**What you will do**.
An exact restatement of every record is required.

Records from a data source:
┄┄┄┄┄┄
//! Events that are left out, and how many they are.

ghost use Rattle.std.specs.Prelude.{◌≡◌, ◌++◌, ◌∷◌, [], OnOk, OnErr, IfOk, IfErr, Any, map, option_map};
ghost use Rattle.std.specs.Option.{option_copied};
ghost use Rattle.ft_fields.specs.Borrowed.{event_told, owned_body as body_told};
ghost use Rattle.ft_fields.specs.Traced.{name_of};
ghost use Rattle.ft_hist.specs.Hit.{same_name, passes_filter};
ghost use Rattle.ft_waits.specs.LeftOut.{has_name, leaves_out, is_left_out, left_out_of};
ghost use Rattle.ft_waits.specs.inner.Known.{left_out_by, with_event, IsFull};

use crate::fault::WaitsFault;
use crate::owned::owned_event;
use crate::reading::one_more;
use ft_fields::{BodyRef, EventRef, Name};
use ft_filter::Filter;
use std::alloc::AllocError;

/// Which events are left out: those of a name.
#[derive(Drop)]
pub struct Without {
    /// The name.
    pub name: Name,
    /// Which of them: those that pass this filter, or all.
    pub filter: Option<Filter>,
}

/// How many events are left out.
#[derive(Drop)]
pub struct LeftOut {
    /// Which events these are.
    pub without: Without,
    /// How many events have the name.
    pub events: u64,
    /// How many of them are left out by this.
    pub left_out: u64,
}

/// The name of what was traced.
#[inline(always)]
fn name_of(body: &BodyRef<'_>) -> Name
    ensures { result ≡ name_of (body_told body.now) }
{
    match body {
        BodyRef::Waking(_) => Name::Waking,
        BodyRef::Wakeup(_) => Name::Wakeup,
        BodyRef::WakeupNew(_) => Name::WakeupNew,
        BodyRef::Switch(_) => Name::Switch,
        BodyRef::WakeupLatency(_) => Name::WakeupLatency,
        BodyRef::Other => Name::Other,
    }
}

/// Whether two names are the same.
#[inline(always)]
fn is_same(a: Name, b: Name) -> bool
    ensures { result ≡ same_name a b }
{
    a == b
}

/// Whether an event passes a filter, if there is one.
fn passes(filter: Option<&Filter>, event: &EventRef<'_>) -> bool
    ensures { result
        ≡ passes_filter (option_map (λ f. f.tree) (option_copied filter.entry)) (event_told event.now) }
{
    match filter {
        Some(filter) => filter.holds(&owned_event(event)),
        None => true,
    }
}

impl Without {
    /// Whether an event has the name.
    #[inline(always)]
    fn has_name(&self, event: &EventRef<'_>) -> bool
        ensures { result ≡ has_name self.now (event_told event.now) }
    {
        is_same(self.name, name_of(&event.body))
    }

    /// Whether an event that has the name is left out.
    fn passes(&self, event: &EventRef<'_>) -> bool
        ensures { result ≡ passes_filter (option_map (λ c. c.tree) self.now.filter) (event_told event.now) }
    {
        passes(self.filter.as_ref(), event)
    }
}

impl LeftOut {
    /// No events.
    pub(crate) fn none(without: Without) -> LeftOut
        ensures { result ≡ left_out_of [] without }
    {
        LeftOut {
            without,
            events: 0,
            left_out: 0,
        }
    }

    /// Counts an event: whether it is left out by this. Fails if a count does not fit.
    fn take(&mut self, event: &EventRef<'_>) -> Result<bool, WaitsFault>
        ensures counts { OnOk result (self.new ≡ with_event (event_told event.now) self.old) }
        ensures left_out { IfOk result (λ is_out. is_out ≡ leaves_out self.old.without (event_told event.now)) }
        ensures full { IfErr result (λ fault. (fault ≡ WaitsFault.TooLong) × IsFull self.old) }
    {
        if !self.without.has_name(event) {
            return Ok(false);
        }
        let is_out = self.without.passes(event);
        self.events = one_more(self.events)?;
        if is_out {
            self.left_out = one_more(self.left_out)?;
        }
        Ok(is_out)
    }
}

/// Leaves more events out, of which none is counted yet. Fails only for memory.
pub(crate) fn add(all: &mut Vec<LeftOut>, without: Without) -> Result<(), AllocError>
    ensures ok { OnOk result (all.new.items ≡ all.old.items ++ left_out_of [] without ∷ []) }
    ensures err { OnErr result (all.new.items ≡ all.old.items) }
{
    all.push(LeftOut::none(without))?;
    Ok(())
}

/// Counts an event: whether it is left out by one of these. Fails if a count does not fit.
#[inline(always)]
pub(crate) fn count_left_out(
    all: &mut Vec<LeftOut>,
    event: &EventRef<'_>,
) -> Result<bool, WaitsFault>
    ensures counts { OnOk result (all.new.items ≡ map (with_event (event_told event.now)) all.old.items) }
    ensures left_out { IfOk result (λ is_out. is_out
        ≡ is_left_out (left_out_by all.old.items) (event_told event.now)) }
    ensures full { IfErr result (λ fault. (fault ≡ WaitsFault.TooLong)
        × Any IsFull all.old.items) }
{
    let mut is_out = false;
    for number in 0..all.len() {
        if all[number].take(event)? {
            is_out = true;
        }
    }
    Ok(is_out)
}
┄┄┄┄┄┄
**Solution to this task**.
//! Events that are left out, and how many they are.

ghost use Rattle.std.specs.Prelude.{◌≡◌, ◌++◌, ◌∷◌, [], OnOk, OnErr, IfOk, IfErr, Any, map, option_map};
ghost use Rattle.std.specs.Option.{option_copied};
ghost use Rattle.ft_fields.specs.Borrowed.{event_told, owned_body as body_told};
ghost use Rattle.ft_fields.specs.Traced.{name_of};
ghost use Rattle.ft_hist.specs.Hit.{same_name, passes_filter};
ghost use Rattle.ft_waits.specs.LeftOut.{has_name, leaves_out, is_left_out, left_out_of};
ghost use Rattle.ft_waits.specs.inner.Known.{left_out_by, with_event, IsFull};

use crate::fault::WaitsFault;
use crate::owned::owned_event;
use crate::reading::one_more;
use ft_fields::{BodyRef, EventRef, Name};
use ft_filter::Filter;
use std::alloc::AllocError;

/// Which events are left out: those of a name.
#[derive(Drop)]
pub struct Without {
    /// The name.
    pub name: Name,
    /// Which of them: those that pass this filter, or all.
    pub filter: Option<Filter>,
}

/// How many events are left out.
#[derive(Drop)]
pub struct LeftOut {
    /// Which events these are.
    pub without: Without,
    /// How many events have the name.
    pub events: u64,
    /// How many of them are left out by this.
    pub left_out: u64,
}

/// The name of what was traced.
#[inline(always)]
fn name_of(body: &BodyRef<'_>) -> Name
    ensures { result ≡ name_of (body_told body.now) }
{
    match body {
        BodyRef::Waking(_) => Name::Waking,
        BodyRef::Wakeup(_) => Name::Wakeup,
        BodyRef::WakeupNew(_) => Name::WakeupNew,
        BodyRef::Switch(_) => Name::Switch,
        BodyRef::WakeupLatency(_) => Name::WakeupLatency,
        BodyRef::Other => Name::Other,
    }
}

/// Whether two names are the same.
#[inline(always)]
fn is_same(a: Name, b: Name) -> bool
    ensures { result ≡ same_name a b }
{
    a == b
}

/// Whether an event passes a filter, if there is one.
fn passes(filter: Option<&Filter>, event: &EventRef<'_>) -> bool
    ensures { result
        ≡ passes_filter (option_map (λ f. f.tree) (option_copied filter.entry)) (event_told event.now) }
{
    match filter {
        Some(filter) => filter.holds(&owned_event(event)),
        None => true,
    }
}

impl Without {
    /// Whether an event has the name.
    #[inline(always)]
    fn has_name(&self, event: &EventRef<'_>) -> bool
        ensures { result ≡ has_name self.now (event_told event.now) }
    {
        is_same(self.name, name_of(&event.body))
    }

    /// Whether an event that has the name is left out.
    fn passes(&self, event: &EventRef<'_>) -> bool
        ensures { result ≡ passes_filter (option_map (λ c. c.tree) self.now.filter) (event_told event.now) }
    {
        passes(self.filter.as_ref(), event)
    }
}

impl LeftOut {
    /// No events.
    pub(crate) fn none(without: Without) -> LeftOut
        ensures { result ≡ left_out_of [] without }
    {
        LeftOut {
            without,
            events: 0,
            left_out: 0,
        }
    }

    /// Counts an event: whether it is left out by this. Fails if a count does not fit.
    fn take(&mut self, event: &EventRef<'_>) -> Result<bool, WaitsFault>
        ensures counts { OnOk result (self.new ≡ with_event (event_told event.now) self.old) }
        ensures left_out { IfOk result (λ is_out. is_out ≡ leaves_out self.old.without (event_told event.now)) }
        ensures full { IfErr result (λ fault. (fault ≡ WaitsFault.TooLong) × IsFull self.old) }
    {
        if !self.without.has_name(event) {
            return Ok(false);
        }
        let is_out = self.without.passes(event);
        self.events = one_more(self.events)?;
        if is_out {
            self.left_out = one_more(self.left_out)?;
        }
        Ok(is_out)
    }
}

/// Leaves more events out, of which none is counted yet. Fails only for memory.
pub(crate) fn add(all: &mut Vec<LeftOut>, without: Without) -> Result<(), AllocError>
    ensures ok { OnOk result (all.new.items ≡ all.old.items ++ left_out_of [] without ∷ []) }
    ensures err { OnErr result (all.new.items ≡ all.old.items) }
{
    all.push(LeftOut::none(without))?;
    Ok(())
}

/// Counts an event: whether it is left out by one of these. Fails if a count does not fit.
#[inline(always)]
pub(crate) fn count_left_out(
    all: &mut Vec<LeftOut>,
    event: &EventRef<'_>,
) -> Result<bool, WaitsFault>
    ensures counts { OnOk result (all.new.items ≡ map (with_event (event_told event.now)) all.old.items) }
    ensures left_out { IfOk result (λ is_out. is_out
        ≡ is_left_out (left_out_by all.old.items) (event_told event.now)) }
    ensures full { IfErr result (λ fault. (fault ≡ WaitsFault.TooLong)
        × Any IsFull all.old.items) }
{
    let mut is_out = false;
    for number in 0..all.len() {
        if all[number].take(event)? {
            is_out = true;
        }
    }
    Ok(is_out)
}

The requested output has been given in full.